The exact procedures are described in the Pharmacopoes.
The monography of cannabis flowers in the Deutsches ArzneiBuch for cannabis does not (yet?) contain a typical ash weight. It is the only one i could find with a quick search. I guess it is the same as in the european pharmacopoeia but do not have access atm.
search for cannabis at www.bundesanzeiger.de to find the Monography of Cannabis flos.
There is one published in june 2017.

The procedure is like this:
To turn a sample to ashes you heat it for a couple of hours to a temperature of 600 to 800 °C.
You heat slowly to the chosen temp and leave it there for several hours.
If you go higher in temps your ashes will melt.
After cooling you check the color of the ashes.
If the ashes are not a relatively homogenous very light grey to white ash, do have dark bits in it you repeat the ashing (maybe with breaking up clumps of dark ashes) until you get a nice whitish ash.
Then you weight the ashes with a very precise scale.
Different plants do have different typical ash weights. If the ashes of your sample are heavier you have a quality problem.
Not sure if ashes can be too light.

Ashes do contain among others: Oxides like P2O5, K2O, MgO, CaO, Fe2O3, SiO, Carbonates
So the Phosphor, Potassium, Magnesium, Calcium and others that is in your plants will show in the weight of the ashes. You can analyse the ashes for different heavy metals too.
I do not know if the heavy metals are present enough to really show up in the weight of the ashes.

Another idea just comes to my mind. There are ashless filters. They are made out of treated cellulose.
When burnt they leave near to no weight.
Plant matter is a lot of cellulose. So I guess clean plant matter can burn almost ashless.

When smoking a joint or a pipe, i guess the ashes get whiter with a hotter cherry and or more oxygen (airflow).

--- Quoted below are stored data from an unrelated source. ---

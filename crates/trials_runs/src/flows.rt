//! Runs on threads beside the flows of their workloads.

use abt_flow::{Flow, find_flow, first_violation};
use abt_machine::{Piece, Want, Workload};
use abt_order::StoredOrder;
use abt_report::Picture;
use abt_waves::run_streams;
use abt_work::AnyWork;
use abt_workload::read;
use std::alloc::{AllocError, Global};
use std::sync::Wait;
use std::test::Fail;
use std::thread::Threads;

// How many times the workload is run.
const TIMES: u32 = 10;

const UNITS: u32 = 200;

const CHAINS: u32 = 4;

static STREAMS: &str =
    "abt 1\nstreams 4\npool 0 fifo mpmc\npool 1 fifo mpmc\npool 2 fifo mpmc\npool 3 fifo mpmc\nsched 0 prio 0\nsched 1 prio 1\nsched 2 prio 2\nsched 3 prio 3\nstream 0 main 0\nstream 1 main 1\nstream 2 main 2\nstream 3 main 3\n";

// Appends a unit of a chain. It waits twice for the one before it, if there is one, and adds 1 to what that had.
fn push_unit(text: &mut String, u: u32) -> Result<(), AllocError> {
    let pool = u / CHAINS % 4;
    writeln!(text, "unit {u} ult at {pool}")?;
    if u >= CHAINS {
        let before = u - CHAINS;
        writeln!(text, "ewait {before}\newait {before}")?;
    }
    writeln!(text, "add 1\nprint\neset {u}")
}

// Appends units in four chains over four streams.
fn push_chains(text: &mut String) -> Result<(), AllocError> {
    text.push_str(STREAMS)?;
    for x in 0..UNITS {
        writeln!(text, "object {x} eventual")?;
    }
    writeln!(text, "units {UNITS}")?;
    for u in 0..UNITS {
        push_unit(text, u)?;
    }
    text.push_str("end\n")
}

// The workload of these units.
fn chains(alloc: Global) -> Result<Workload, Fail> {
    let mut text = String::new(alloc);
    push_chains(&mut text)?;
    Ok(read(alloc, text.as_bytes())?)
}

// The flow of a workload, if that is confluent and has one.
#[tactic(auto, using(crate::proofs::Storing::stores_calls))]
fn flow_of(alloc: Global, w: &Workload) -> Result<Option<Flow>, Want> {
    if first_violation(alloc, w)?.is_some() {
        return Ok(None);
    }
    w.known();
    find_flow(alloc, w, &AnyWork)
}

// Whether there is a row for each unit, and that of the last is the length of its chain.
fn counts(flow: &Flow) -> bool {
    match flow.items().last() {
        Some(last) => {
            flow.items().len() == UNITS as usize && last.items() == [Piece::Number(50)].as_slice()
        }
        None => false,
    }
}

// Whether the units put out what the flow says.
fn put_out(picture: &Picture, flow: &Flow) -> bool {
    if picture.items().len() != flow.items().len() {
        return false;
    }
    picture
        .items()
        .iter()
        .zip(flow.items())
        .all(|(row, output)| row.output.items() == output.items())
}

// Whether they put it out in a run on threads.
#[tactic(auto, using(crate::proofs::Storing::stores_calls))]
fn is_put_out<R: Threads + Wait + Sync>(
    rt: &R,
    alloc: Global,
    w: &Workload,
    flow: &Flow,
) -> Result<bool, Want> {
    let orders = [StoredOrder::rotating(), StoredOrder::mirroring()];
    w.known();
    let run = run_streams(rt, alloc, w, &orders, &AnyWork, 10_000, false)?;
    Ok(put_out(&run.picture, flow))
}

// Whether they put it out in each run, and the last unit counts its chain.
fn count<R: Threads + Wait + Sync>(
    rt: &R,
    alloc: Global,
    w: &Workload,
    flow: &Flow,
) -> Result<bool, Want> {
    for _ in 0..TIMES {
        if !is_put_out(rt, alloc, w, flow)? {
            return Ok(false);
        }
    }
    Ok(counts(flow))
}

// Whether the workload has a flow that its runs put out and that counts the last chain.
fn has_flow<R: Threads + Wait + Sync>(rt: &R, alloc: Global, w: &Workload) -> Result<bool, Want> {
    match flow_of(alloc, w)? {
        Some(flow) => count(rt, alloc, w, &flow),
        None => Ok(false),
    }
}

// Whether the workload of the chains has such a flow.
fn chains_count<R: Threads + Wait + Sync>(rt: &R, alloc: Global) -> Result<bool, Fail> {
    let w = chains(alloc)?;
    Ok(has_flow(rt, alloc, &w)?)
}

#[test]
fn runs_put_out_their_flow(rt: HostRuntime) -> Result<(), Fail> {
    let they_do = chains_count(&rt, rt.alloc())?;
    assert!(rt; they_do);
    Ok(())
}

Isn’t charcoal produced with restricting the oxygen?

Cherry is less hot when red, the hotter the whiter the shine of the cherry.
Observe your joint, when you draw or a woodfire when you blow air or even pure oxygen (don’t do it may be a strong reaction) on it.
(what temp has a joint cherry 400° 600° 800°C anyone knows or can measure it?)

How you smoke has a big impact on the appearance of your ashes, as has the material.
But I guess if the same person smokes the same way a homogenous whiter or lighter grey ash can be a quality sign but its not really scientific.

Now to the observation of DC. There may be something to it:

The ashes stay hot for longer if they weight more, like any material.
So your observation is really worth looking at!
Cool

P.S.: My lung says exactly this.

Some weeds just smell burnt, heavy on the lungs. Dark ash.
Black ashes make me cough much much more. (Even when i vaporize such weed) I generally would not even want to touch such weed. Just got CBD Flowers like this at a dispensary , but I guess it is more than just too much fertiliser they also smell weird. Might try to weight the ashes of some samples.
Some weed you can taste much more of the trichomes and much less burnt matter. Generally whiter ash.

The cannabis that burns to whitish ash is also much better in a vaporizer. You can go on a higher temperature without irritating the lung more.